If only that were true.
The Unscratchable Itch.
‘Why would you do this to me?’ Stan pleads. ‘What did I ever do to deserve this? Have I not been good to you? Have I not opened your mind to a world beyond your limited horizons?’
‘I had no choice,’ Eve says. ‘What was I supposed to do?’
‘You could have sent her on one of those things… y’know?’
‘Things?’
‘Yeah, one of those things… like a job, but for an idiot. To send her off somewhere she won’t bother us.’
Eve scrunches her face up and stifles a smirk, she starts to shake her head.
‘Don’t pretend you don’t know what I’m talking about, Eve. You forget I know how clever you are,’ Stan says. ‘Please… can’t you just do my thinking for me?’
I clear my throat and quietly offer, ‘I think he means a fool’s errand.’
‘You’re harsh on her, Stan,’ Eve tells him, still shaking her head.
‘In what way? She’s a thick twat.’
Eve and I both suck in through our teeth at Stan’s assessment of Tuesday. Admittedly she comes out with some stuff that’ll jangle your brain a bit, but calling her a thick twat seems a little harsh.
‘Listen t
o you two pretending you actually give a shit about her. Especially you, Eve. Don’t think I haven’t seen the looks you give her.’
‘I’ll admit she can be a little…’
‘Twat?’
‘No!’
‘Ok, fine… Mong? Is mong better?’
‘Are we really using the word mong?’
‘Mong’s not a good word,’ I add.
‘That’s funny, Pres, because I distinctly remember you saying the other day that she was a bit mongy.’
‘You said mongy.’
‘Yes! But you didn’t disagree. In fact, you laughed. So you’re more culpable than me.’
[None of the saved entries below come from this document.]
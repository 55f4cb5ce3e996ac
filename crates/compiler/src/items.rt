// Items of expressions, by the position behind them, and where the expression starts that ends there.
// What is asked of a position, here and in the modules above, is of a plain number, from which a function goes on at four less: a type of its own would be made
// anew at each step.
ghost use Rattle.std.specs.Prelude.{◌≡◌, ◌-◌, ◌≤◌, get_or, eqb};
ghost use Rattle.flat.specs.Numbers.{Decodes, kind_number, unary_of, strict_of};
ghost use Rattle.compiler.specs.Lies.{first as first_of, second as second_of};
ghost use Rattle.compiler.specs.Post.{operands_of, unary_of_number, strict_of_number, Starts};

use flat::UnknownNumber;
use flat::item::Kind;
use flat::operator::{Strict, Unary};
use word::lists::word;

// What the item is that ends at `end`.
pub fn kind_of(words: &[u32], end: usize) -> Result<Kind, UnknownNumber>
    requires { 4 ≤ end }
    ensures { Decodes kind_number 8 (get_or words.now (end - 4) 0) result }
{
    let number = word(words, end - 4);
    Kind::try_from(number)
}

// Whether it is of this kind.
pub fn is_kind(words: &[u32], end: usize, kind: Kind) -> bool
    requires { 4 ≤ end }
    ensures { result ≡ eqb (get_or words.now (end - 4) 0) (kind_number kind) }
{
    let number = kind as u32;
    word(words, end - 4) == number
}

// The operator of a unary item; a number past the table stands for the last one.
pub fn unary_operator(words: &[u32], end: usize) -> Unary
    requires { 4 ≤ end }
    ensures { unary_of result ≡ unary_of_number (first_of words.now end) }
{
    let number = word(words, end - 2);
    Unary::try_from(number).unwrap_or(Unary::Not)
}

// The operator of a strict item; a number past the table stands for the last one.
pub fn strict_operator(words: &[u32], end: usize) -> Strict
    requires { 4 ≤ end }
    ensures { strict_of result ≡ strict_of_number (first_of words.now end) }
{
    let number = word(words, end - 2);
    Strict::try_from(number).unwrap_or(Strict::Rem)
}

// The numbers of the kinds that take operands.
const ELEMENT: u32 = Kind::Element as u32;

const CALL: u32 = Kind::Call as u32;

const UNARY: u32 = Kind::Unary as u32;

const STRICT: u32 = Kind::Strict as u32;

const AND: u32 = Kind::And as u32;

const OR: u32 = Kind::Or as u32;

const JOIN: u32 = Kind::Join as u32;

// How many operands the item takes that ends at `end`: by its number, since each item that a scan passes over is looked at here, and a match of `Kind` is a jump
// by a table or a table's word, with which `build` of a long right side takes up to twice the time.
pub fn operands(words: &[u32], end: usize) -> u32
    requires { 4 ≤ end }
    ensures { result ≡ operands_of (get_or words.now (end - 4) 0) (second_of words.now end) }
{
    let k = word(words, end - 4);
    match k {
        ELEMENT => 1,
        CALL => word(words, end - 1),
        UNARY => 1,
        STRICT => 2,
        AND => 1,
        OR => 1,
        JOIN => 2,
        _ => 0,
    }
}

// Where the expression starts that ends at `end`: a scan backwards that counts the expressions yet to come, for as many items as these ask for, which no range
// has.
pub fn start_of(words: &[u32], end: usize) -> usize
    requires { end ≤ 1073741824 }
    ensures starts { Starts words.now end result }
    ensures within { result ≤ end - 4 }
{
    if end < 4 {
        return 0;
    }
    let mut p = end - 4;
    let mut need = operands(words, end) as usize;
    while 0 < need {
        if p < 4 {
            return 0;
        }
        need = need - 1 + operands(words, p) as usize;
        p -= 4;
    }
    p
}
‘Eve, please tell Stan never to say culpable ever again. It sounds wrong coming out of that mouth!’
‘Listen, Shakespeare, just because I didn’t get a degree in twat-ology, or whatever you studied, it doesn’t mean I’m thick. I’ve got street-smarts.’
‘Yes, Stan… we all know you went to The University of Life…’
‘Well not all of us are privately educated, Pimms drinking, tennis bell-ends, are we?’ he says, pointing accusingly at Eve and I in turn.
‘Stan,’ says Eve, ‘I lived all my life on a council estate with my mum and my aunt, both of whom were completely mental.’
‘That may be true,’ he says, ‘but I bet you still like Pimms.’
‘I do like Pimms. It’s true. That’s why I had to leave the estate forever. It happened at Christmas… to this day the sound of sleigh-bells makes me tearful...’
Stan pulls a confused face at me. ‘I can’t tell whether she’s taking the piss.’
I shrug. Each and every one of us could be living a lie right now. We’ve all told stories about who we used to be, what we used to be and how we got to this place, and it’s doubtful that we’ll ever be held accountable for any of it. We all got the chance to become something new when the fences went up. A fresh start in a grave new world.
‘So anyway…’ Stan says, ‘remind me why you invited Tuesday along this evening. Is the company of two such fine hunks of manliness not enough for you?’